I am following the multilabel text classification tutorial from @nielsr located here: Transformers-Tutorials/Fine_tuning_BERT_(and_friends)_for_multi_label_text_classification.ipynb at master · NielsRogge/Transformers-Tutorials · GitHub
I currently have my dataset split into a train, test, and validation dataset. After training, trainer.evaluate() is called which I think is being done on the validation dataset. My question is how do I use the model I created to predict the labels on my test dataset?

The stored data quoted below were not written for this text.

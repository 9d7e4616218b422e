//! Workers in threads, whose checkpointer is held while ticks are answered.
use crate::held::{HELD, Held};
use crate::running::{Page, begin, is_page, only_session};
use crate::same::same;
use crate::worlds::{Report, new_files, stands_in};
use client_service::{Remote, serve_batches};
use crossbeam_channel::{Receiver, unbounded};
use disk_model::ModelFile;
use shared_capture::{Method, Pong, Zig};
use std::alloc::Global;
use std::process::Abort;
use std::sync::atomic::{AtomicU64, Ordering};
use std::sync::{Arc, Wait};
use std::thread::Threads;
use worker_steps::Gates;
use worker_threads::{StoppedWorkers, stop};
use workers::AskChannel;
use world_actions::Refusal;

const BATCH: &[u8] = b"add 0 1\nget 0\nend\n";

const ANSWERS: &[u8] = b"tick 1: + =1\ntick 2: + =2\ntick 3: + =3\ntick 4: + =4\n";

fn play_batch<R: Wait + Copy>(
    alloc: Global,
    world: &mut Remote<R>,
    text: &mut Vec<u8>,
) -> Result<(), Refusal> {
    let mut input = BATCH;
    serve_batches(alloc, &mut input, text, world)
}

// Plays the batches during which the round of the first one stays open.
fn play_batches<R: Wait + Abort + Copy>(
    rt: &R,
    alloc: Global,
    world: &mut Remote<R>,
    text: &mut Vec<u8>,
    answered: &AtomicU64,
    heard: &Receiver<Report>,
) -> Result<(), Refusal> {
    for _ in 0..HELD {
        play_batch(alloc, world, text)?;
        same(rt, "no image is opened", heard.is_empty(), true);
        answered.fetch_add(1, Ordering::SeqCst);
    }
    Ok(())
}

// Plays them in a session, and returns its end and its text.
fn play_held(
    rt: &(impl Wait + Abort + Copy),
    alloc: Global,
    asks: AskChannel,
    answered: &AtomicU64,
    heard: &Receiver<Report>,
) -> Page {
    let mut world = only_session(rt, alloc, asks);
    let mut text = Vec::new(alloc);
    let ends = play_batches(rt, alloc, &mut world, &mut text, answered, heard);
    Page { ends, text }
}

// The workers, the reports and the answers once the rounds are over.
#[derive(Drop)]
struct Left<M: Method> {
    stopped: StoppedWorkers<M, ModelFile, Held, Held, Held>,
    heard: Receiver<Report>,
    page: Page,
}

fn held_until(rt: &impl Abort, answered: &Arc<AtomicU64, Global>) -> Gates<Held, Held, Held> {
    let answered = answered.clone().expect(rt, "a share");
    Gates {
        mutator: Held::nothing(),
        checkpointer: Held::until(answered),
        log_writer: Held::nothing(),
    }
}

// Plays on a new world of two cells. An image of it is due after each tick.
fn play_round<M: Method + Send + 'static, R: Threads + Wait + Abort + Copy + Send + 'static>(
    rt: &R,
    alloc: Global,
) -> Left<M> {
    let answered = Arc::new(alloc, AtomicU64::new(0)).expect(rt, "a count");
    let gates = held_until(rt, &answered);
    let (to, heard) = unbounded(alloc).expect(rt, "a channel");
    let files = new_files(rt, alloc, 2);
    let (workers, asks) = begin(rt, alloc, files, gates, to, 1);
    let page = play_held(rt, alloc, asks, &answered, &heard);
    Left {
        stopped: stop(rt, workers),
        heard,
        page,
    }
}

// No worker is down. All four ticks are acknowledged, and recovery finds them.
fn check_ends<M: Method>(
    rt: &impl Abort,
    alloc: Global,
    stopped: &StoppedWorkers<M, ModelFile, Held, Held, Held>,
) {
    let (mutator, log_writer) = (&stopped.mutator, &stopped.log_writer);
    let checkpointer = &stopped.checkpointer;
    let ticks = (mutator.ended(), log_writer.acked());
    same(rt, "ticks ended and acknowledged", ticks, (4, 4));
    let are_down = (log_writer.is_down(), checkpointer.is_down());
    same(rt, "log and images down", are_down, (false, false));
    let (tick, from, word) = stands_in(rt, alloc, checkpointer.images(), log_writer.log());
    same(rt, "what stands", (tick, word), (4, 4));
    assert!(rt; from == 1 || from == 4, "recovered from {from}");
}

// The image of the first round was opened, and then at most that of the last.
fn check_heard(rt: &(impl Wait + Abort), heard: &Receiver<Report>) {
    let first = heard.recv(rt).ok();
    same(rt, "what is reported", first, Some(Report::ImageOpened(1)));
    for reported in heard.iter(rt) {
        same(
            rt,
            "what is reported then",
            reported,
            Report::ImageOpened(4),
        );
    }
}

fn check_left<M: Method>(rt: &(impl Wait + Abort), alloc: Global, left: &Left<M>) {
    check_ends(rt, alloc, &left.stopped);
    check_heard(rt, &left.heard);
    is_page(rt, &left.page, ANSWERS);
}

fn try_open_round<M: Method + Send + 'static, R: Threads + Wait + Abort + Copy + Send + 'static>(
    rt: &R,
    alloc: Global,
) {
    let left = play_round::<M, R>(rt, alloc);
    check_left(rt, alloc, &left);
    drop(left);
}

#[test]
fn round_open_while_ticks_are_answered(rt: HostRuntime) {
    try_open_round::<Zig, HostRuntime>(&rt, rt.alloc());
    try_open_round::<Pong, HostRuntime>(&rt, rt.alloc());
}
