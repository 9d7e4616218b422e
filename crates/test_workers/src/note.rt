//! The calls and lines that a folder in memory notes.
use disk_model::WorldFile;
use world_folder::{Entry, Guard, LockState};

/// A call of a folder that succeeded, with its answer, or a line that was printed.
#[derive(Debug, Drop)]
pub enum Note {
    /// This is what stands under a name, if anything does.
    Looked(WorldFile, Option<Entry>),
    /// The file to which a name leads was opened to be written, and has these bytes.
    Opened(WorldFile, Entry, Vec<u8>),
    /// A new file was made under a name.
    Made(WorldFile, Entry),
    /// A file was locked.
    Locked(Entry),
    /// A file was opened to be read, and has these bytes.
    Read(WorldFile, Vec<u8>),
    /// A file could not be opened to be read.
    Unopened(WorldFile),
    /// A file is so long.
    Measured(WorldFile, u64),
    /// A reader asked for the lock of a file.
    Asked(WorldFile, LockState),
    /// A reader asked for the lock of the folder itself.
    AskedOwn(LockState),
    /// The names of the files are durable.
    NamesSynced,
    /// The name of the folder is durable.
    OwnNameSynced,
    /// The file under a name was removed.
    Removed(WorldFile),
    /// The guard of the world was read, if it has one.
    GuardRead(Option<Guard>),
    /// A guard was put into the folder.
    GuardPut(Guard),
    /// The folder has no file.
    FoundEmpty,
    /// The folder doesn't lie in the one at this path.
    FoundOutside(String),
    /// A line was printed on standard output.
    Printed(String),
    /// A line was printed on standard error.
    Warned(String),
}
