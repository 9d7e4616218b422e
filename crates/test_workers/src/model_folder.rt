//! A folder in memory. It shows that the promises of a folder's calls can be kept, and tests
//! run commands on it.
ghost use Rattle.std.specs.Prelude.{◌≡◌, ◌∷◌, true, None, Option, IsTrue, OnOk, OnErr, IfOk, IfErr};
ghost use Rattle.std.specs.Prelude.{min};
ghost use Rattle.std.specs.IoError.{error_kind};
ghost use Rattle.disk_model.specs.Disk.{Only, last_count, min-last_count};
ghost use Rattle.disk_model.specs.CrashOutcome.{IsCrashOutcome, content_stays, calls_keep_byte};
ghost use Rattle.disk_model.specs.FileState.{Calls};
ghost use Rattle.test_workers.specs.ModelFolder.{act_of, acts_of};

use crate::note::Note;
use disk_model::{Disk, FourFiles, ModelFile, WorldFile};
use file_disk::{Pace, Valve};
use std::alloc::{AllocError, Global};
use std::fmt::Display;
use std::io::{self, ErrorKind};
use world_actions::Refusal;
use world_folder::{
    Entry, Failure, FileKind, Folder, GUARD, Guard, Identity, LockState, Occupied, Reading, Source,
    SourceFile, WorldDisk,
};
use world_server::ServedDisk;

/// The number of the device on which the files lie.
const DEVICE: u64 = 1;

/// A file of a `ModelFolder` that is open to be written.
#[derive(Drop)]
pub struct ModelHandle {
    entry: Entry,
    bytes: Vec<u8>,
}

/// A file of a `ModelFolder`.
#[derive(Drop)]
pub struct ModelDisk {
    file: ModelFile,
    identity: Identity,
}

impl Disk for ModelDisk {
    ghost content = { λ disk. disk.file.content };

    ghost may_leave = { λ disk left. IsCrashOutcome disk.file left };

    ghost honest = { true };

    ghost faults = { λ disk. min disk.file.faults last_count };

    ghost called = { λ before call succeeded after. Calls before.file call succeeded after.file };

    ghost stays = { λ disk _. content_stays disk.file };

    ghost are_bytes = { λ disk left _ outcome. outcome.are_bytes };

    ghost keeps_byte = { λ old new call ok _. calls_keep_byte old.file new.file call ok };

    ghost few_faults = { λ disk. min-last_count disk.file.faults };

    fn len(&mut self) -> Result<u64, Refusal> {
        self.file.len()
    }

    fn read_at(&mut self, at: u64, into: &mut [u8]) -> Result<(), Refusal> {
        self.file.read_at(at, into)
    }

    fn write_at(&mut self, at: u64, bytes: &[u8]) -> Result<(), Refusal> {
        self.file.write_at(at, bytes)
    }

    fn sync(&mut self) -> Result<(), Refusal> {
        self.file.sync()
    }
}

impl WorldDisk for ModelDisk {
    ghost failure = { λ _. None };

    fn last_failure(&self) -> Option<io::Error> {
        None
    }
}

impl ServedDisk for ModelDisk {
    fn pace(&mut self, _pace: Pace) {}

    fn stop_by(&mut self, _valve: Valve) {}
}

/// A folder in memory. A read of a name gives the bytes that the folder was made with, whatever is
/// written meanwhile. So a test gives the bytes of files that are to be made, too.
#[derive(Drop)]
pub struct ModelFolder<'a> {
    alloc: Global,
    path: &'a str,
    bytes: FourFiles<Vec<u8>>,
    there: FourFiles<bool>,
    guard: Option<Guard>,
    // The latest one first.
    notes: Vec<Note>,
}

impl<'a> ModelFolder<'a> {
    /// A folder of which each file that is there has these bytes. A file that isn't there has them
    /// once it was made. It has no guard.
    pub fn new(
        alloc: Global,
        path: &'a str,
        bytes: FourFiles<Vec<u8>>,
        there: FourFiles<bool>,
    ) -> Self {
        ModelFolder {
            alloc,
            path,
            bytes,
            there,
            guard: None,
            notes: Vec::new(alloc),
        }
    }

    /// The calls that succeeded, and the lines that were printed, the latest one first.
    pub fn notes(&self) -> &[Note]
        ensures { acts_of result.now ≡ acts_of self.now.notes.items }
    {
        &self.notes
    }

    fn note(&mut self, note: Note) -> io::Result<()>
        ensures noted { OnOk result
            (acts_of self.new.notes.items ≡ act_of note ∷ acts_of self.old.notes.items) }
        ensures failed { OnErr result
            (acts_of self.new.notes.items ≡ acts_of self.old.notes.items) }
        ensures memory { IfErr result (λ error. error_kind error ≡ ErrorKind.OutOfMemory) }
        ensures path { self.new.path ≡ self.old.path }
    {
        match self.notes.insert(0, note) {
            Ok(()) => Ok(()),
            Err(_) => Err(io::Error::from(AllocError)),
        }
    }

    fn copy_of(&self, file: WorldFile) -> io::Result<Vec<u8>> {
        if !*self.there.get(file) {
            return Err(io::Error::from_raw_os_error(libc::ENOENT));
        }
        Ok(Vec::from_slice(self.alloc, self.bytes.get(file))?)
    }
}

// The entry of a file, which has a number by its name.
fn entry_of(file: WorldFile) -> Entry {
    let inode = match file {
        WorldFile::ImageA => 1,
        WorldFile::ImageB => 2,
        WorldFile::LogA => 3,
        WorldFile::LogB => 4,
    };
    Entry {
        kind: FileKind::Regular,
        identity: Identity::new(DEVICE, inode),
        names: 1,
    }
}

// A file with these bytes, which are durable.
fn disk_of(alloc: Global, bytes: Vec<u8>, identity: Identity) -> io::Result<ModelDisk>
    ensures content { IfOk result (λ disk. disk.file.content ≡ bytes.items) }
    ensures synced { IfOk result (λ disk. Only bytes.items (IsCrashOutcome disk.file)) }
    ensures identity { IfOk result (λ disk. disk.identity ≡ identity) }
    ensures memory { IfErr result (λ error. error_kind error ≡ ErrorKind.OutOfMemory) }
{
    match ModelFile::new(alloc, bytes) {
        Ok(file) => Ok(ModelDisk { file, identity }),
        Err(_) => Err(io::Error::from(AllocError)),
    }
}

impl Source for ModelFolder<'_> {
    type File = ModelDisk;

    ghost honest = { true };

    ghost path = { λ folder. folder.path.now };

    ghost history = { λ folder. acts_of folder.notes.items };

    fn alloc(&self) -> Global {
        self.alloc
    }

    fn path(&self) -> &str {
        self.path
    }

    fn open_to_read(
        &mut self,
        file: WorldFile,
        _how: Reading,
    ) -> io::Result<SourceFile<ModelDisk>> {
        if !*self.there.get(file) {
            self.note(Note::Unopened(file))?;
            return Err(io::Error::from_raw_os_error(libc::ENOENT));
        }
        let bytes = Vec::from_slice(self.alloc, self.bytes.get(file))?;
        let disk = disk_of(self.alloc, bytes, entry_of(file).identity)?;
        let read = Vec::from_slice(self.alloc, disk.file.now())?;
        self.note(Note::Read(file, read))?;
        Ok(SourceFile::of(disk))
    }

    fn read_guard(&mut self) -> Result<Option<Guard>, Failure> {
        let guard = self.guard;
        self.note(Note::GuardRead(guard))?;
        Ok(guard)
    }

    fn guard_age(&self) -> Option<u64> {
        None
    }

    fn length(&mut self, file: WorldFile) -> io::Result<u64> {
        let length = self.copy_of(file)?.len() as u64;
        self.note(Note::Measured(file, length))?;
        Ok(length)
    }

    fn lock_state(&mut self, file: WorldFile) -> io::Result<LockState> {
        self.note(Note::Asked(file, LockState::Free))?;
        Ok(LockState::Free)
    }

    fn own_lock_state(&mut self) -> io::Result<LockState> {
        self.note(Note::AskedOwn(LockState::Free))?;
        Ok(LockState::Free)
    }

    fn print<T: Display + Drop>(&mut self, line: T) -> io::Result<()> {
        let text = line.to_string(self.alloc)?;
        self.note(Note::Printed(text))
    }

    fn warn<T: Display + Drop>(&mut self, line: T) -> io::Result<()> {
        let text = line.to_string(self.alloc)?;
        self.note(Note::Warned(text))
    }

    fn pause(&self) {}
}

impl Folder for ModelFolder<'_> {
    type Handle = ModelHandle;

    ghost entry_of = { λ handle. handle.entry };

    ghost content_of = { λ handle. handle.bytes.items };

    ghost identity = { λ disk. disk.identity };

    fn look(&mut self, file: WorldFile) -> io::Result<Option<Entry>> {
        let there = if *self.there.get(file) {
            Some(entry_of(file))
        } else {
            None
        };
        self.note(Note::Looked(file, there))?;
        Ok(there)
    }

    fn open(&mut self, file: WorldFile) -> io::Result<ModelHandle> {
        let bytes = self.copy_of(file)?;
        let entry = entry_of(file);
        let opened = Vec::from_slice(self.alloc, &bytes)?;
        self.note(Note::Opened(file, entry, opened))?;
        Ok(ModelHandle { entry, bytes })
    }

    fn make(&mut self, file: WorldFile) -> io::Result<ModelHandle> {
        if *self.there.get(file) {
            return Err(io::Error::from_raw_os_error(libc::EEXIST));
        }
        let entry = entry_of(file);
        self.note(Note::Made(file, entry))?;
        self.there.set(file, true);
        Ok(ModelHandle {
            entry,
            bytes: Vec::new(self.alloc),
        })
    }

    fn remove(&mut self, file: WorldFile) -> io::Result<()> {
        if !*self.there.get(file) {
            return Err(io::Error::from_raw_os_error(libc::ENOENT));
        }
        self.note(Note::Removed(file))?;
        self.there.set(file, false);
        Ok(())
    }

    fn entry(&self, handle: &ModelHandle) -> io::Result<Entry> {
        Ok(handle.entry)
    }

    fn lock(&mut self, handle: &ModelHandle) -> io::Result<()> {
        self.note(Note::Locked(handle.entry))
    }

    fn take(&self, handle: ModelHandle) -> io::Result<ModelDisk> {
        let ModelHandle { entry, bytes } = handle;
        disk_of(self.alloc, bytes, entry.identity)
    }

    fn unguarded(&self) -> Result<(), Failure> {
        if self.guard.is_none() {
            return Ok(());
        }
        let path = self.path_of(GUARD)?;
        Err(Failure::Occupied(Occupied { path }))
    }

    fn put_guard(&mut self, guard: &Guard) -> io::Result<()> {
        self.note(Note::GuardPut(*guard))?;
        self.guard = Some(*guard);
        Ok(())
    }

    fn sync_names(&mut self) -> io::Result<()> {
        self.note(Note::NamesSynced)
    }

    fn sync_own_name(&mut self) -> io::Result<()> {
        self.note(Note::OwnNameSynced)
    }

    fn is_empty(&mut self) -> io::Result<bool> {
        let there = &self.there;
        if there.image_a || there.image_b || there.log_a || there.log_b {
            return Ok(false);
        }
        self.note(Note::FoundEmpty)?;
        Ok(true)
    }

    // Folders in memory don't lie in one another.
    fn lies_in(&mut self, outer: &str) -> io::Result<bool> {
        let outer = String::from_str(self.alloc, outer)?;
        self.note(Note::FoundOutside(outer))?;
        Ok(false)
    }
}
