//! Sessions whose clients stop taking bytes, at each byte of the answers. Each answered tick
//! is in the files.
use crate::running::{begin, end, only_session};
use crate::same::same;
use crate::worlds::{new_files, stands_in};
use client_service::serve_batches;
use crossbeam_channel::unbounded;
use disk_model::ModelFile;
use shared_capture::{Method, Pong, Zig};
use std::alloc::Global;
use std::io::{self, ErrorKind, Write};
use std::process::Abort;
use std::sync::Wait;
use std::thread::Threads;
use worker_steps::Gates;
use worker_threads::StoppedWorkers;
use workers::{AskChannel, Open};
use world_actions::Refusal;

/// Three batches that come in one piece.
const BATCHES: &[u8] = b"add 0 1\nget 0\nend\nadd 0 1\nget 0\nend\nadd 0 1\nget 0\nend\n";

const ANSWERS: &[u8] = b"tick 1: + =1\ntick 2: + =2\ntick 3: + =3\n";

// A client that takes `room` more bytes, and then fails.
#[derive(Drop)]
struct Client {
    taken: Vec<u8>,
    room: usize,
}

impl Write for Client {
    fn write(&mut self, bytes: &[u8]) -> io::Result<usize> {
        let count = bytes.len().min(self.room);
        if count == 0 || self.taken.extend_from_slice(&bytes[..count]).is_err() {
            return Err(io::Error::from(ErrorKind::Other));
        }
        self.room -= count;
        Ok(count)
    }

    fn flush(&mut self) -> io::Result<()> {
        Ok(())
    }
}

// Serves a session on the batches, whose client takes so many bytes. Returns how the session ended,
// and the taken bytes.
fn play<R: Wait + Abort + Copy>(
    rt: &R,
    alloc: Global,
    asks: AskChannel,
    room: usize,
) -> (Result<(), Refusal>, Vec<u8>) {
    let mut world = only_session(rt, alloc, asks);
    let mut client = Client {
        taken: Vec::new(alloc),
        room,
    };
    let mut input = BATCHES;
    let ends = serve_batches(alloc, &mut input, &mut client, &mut world);
    (ends, client.taken)
}

// Counts the ticks whose whole answer was taken.
fn answered(taken: &[u8]) -> u64 {
    taken.iter().filter(|byte| **byte == b'\n').count() as u64
}

// The taken bytes are a prefix of the answers, and the files have each answered tick.
fn check<M: Method>(
    rt: &impl Abort,
    alloc: Global,
    stopped: &StoppedWorkers<M, ModelFile, Open, Open, Open>,
    taken: &[u8],
    room: usize,
) {
    same(rt, "what is taken", Some(taken), ANSWERS.get(..room));
    let (images, log) = (stopped.checkpointer.images(), stopped.log_writer.log());
    let (tick, _, word) = stands_in(rt, alloc, images, log);
    same(rt, "what stands", tick, stopped.mutator.ended());
    same(rt, "the word that stands", word, tick);
    assert!(rt; tick >= answered(taken), "tick {tick} stands");
}

fn cut_at<M: Method + Send + 'static, R: Threads + Wait + Abort + Copy + Send + 'static>(
    rt: &R,
    alloc: Global,
    room: usize,
) {
    let gates = Gates {
        mutator: Open,
        checkpointer: Open,
        log_writer: Open,
    };
    let (to, _heard) = unbounded(alloc).expect(rt, "a channel");
    let files = new_files(rt, alloc, 2);
    let (workers, asks) = begin::<R, M, ModelFile, Open, Open, Open>(
        rt, alloc, files, gates, to, 2,
    );
    let (served, taken) = play(rt, alloc, asks, room);
    let whole = room == ANSWERS.len();
    let wanted = if whole { Ok(()) } else { Err(Refusal::Device) };
    same(rt, "how the session ends", served, wanted);
    let stopped = end(rt, workers);
    check(rt, alloc, &stopped, &taken, room);
    drop(stopped);
}

fn cut_everywhere<M: Method + Send + 'static, R: Threads + Wait + Abort + Copy + Send + 'static>(
    rt: &R,
    alloc: Global,
) {
    for room in 0..ANSWERS.len() + 1 {
        cut_at::<M, R>(rt, alloc, room);
    }
}

#[test]
fn what_was_answered_stands_wherever_a_session_is_cut_off(rt: HostRuntime) {
    cut_everywhere::<Zig, HostRuntime>(&rt, rt.alloc());
    cut_everywhere::<Pong, HostRuntime>(&rt, rt.alloc());
}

Do I just call trainer.predict() immediately after trainer.evaluate() like so?
trainer = Trainer(
model,
args,
train_dataset=encoded_dataset[“train”],
eval_dataset=encoded_dataset[“validation”],
tokenizer=tokenizer,
compute_metrics=compute_metrics
)
trainer.evaluate()
trainer.predict(encoded_dataset[“test”])
Or can I just skip trainer.evaluate() and immediately go to trainer.predict() like so?
trainer = Trainer(
model,
args,
train_dataset=encoded_dataset[“train”],
eval_dataset=encoded_dataset[“validation”],
tokenizer=tokenizer,
compute_metrics=compute_metrics
)
trainer.predict(encoded_dataset[“test”])
Any help would be greatly appreciated. Thank you!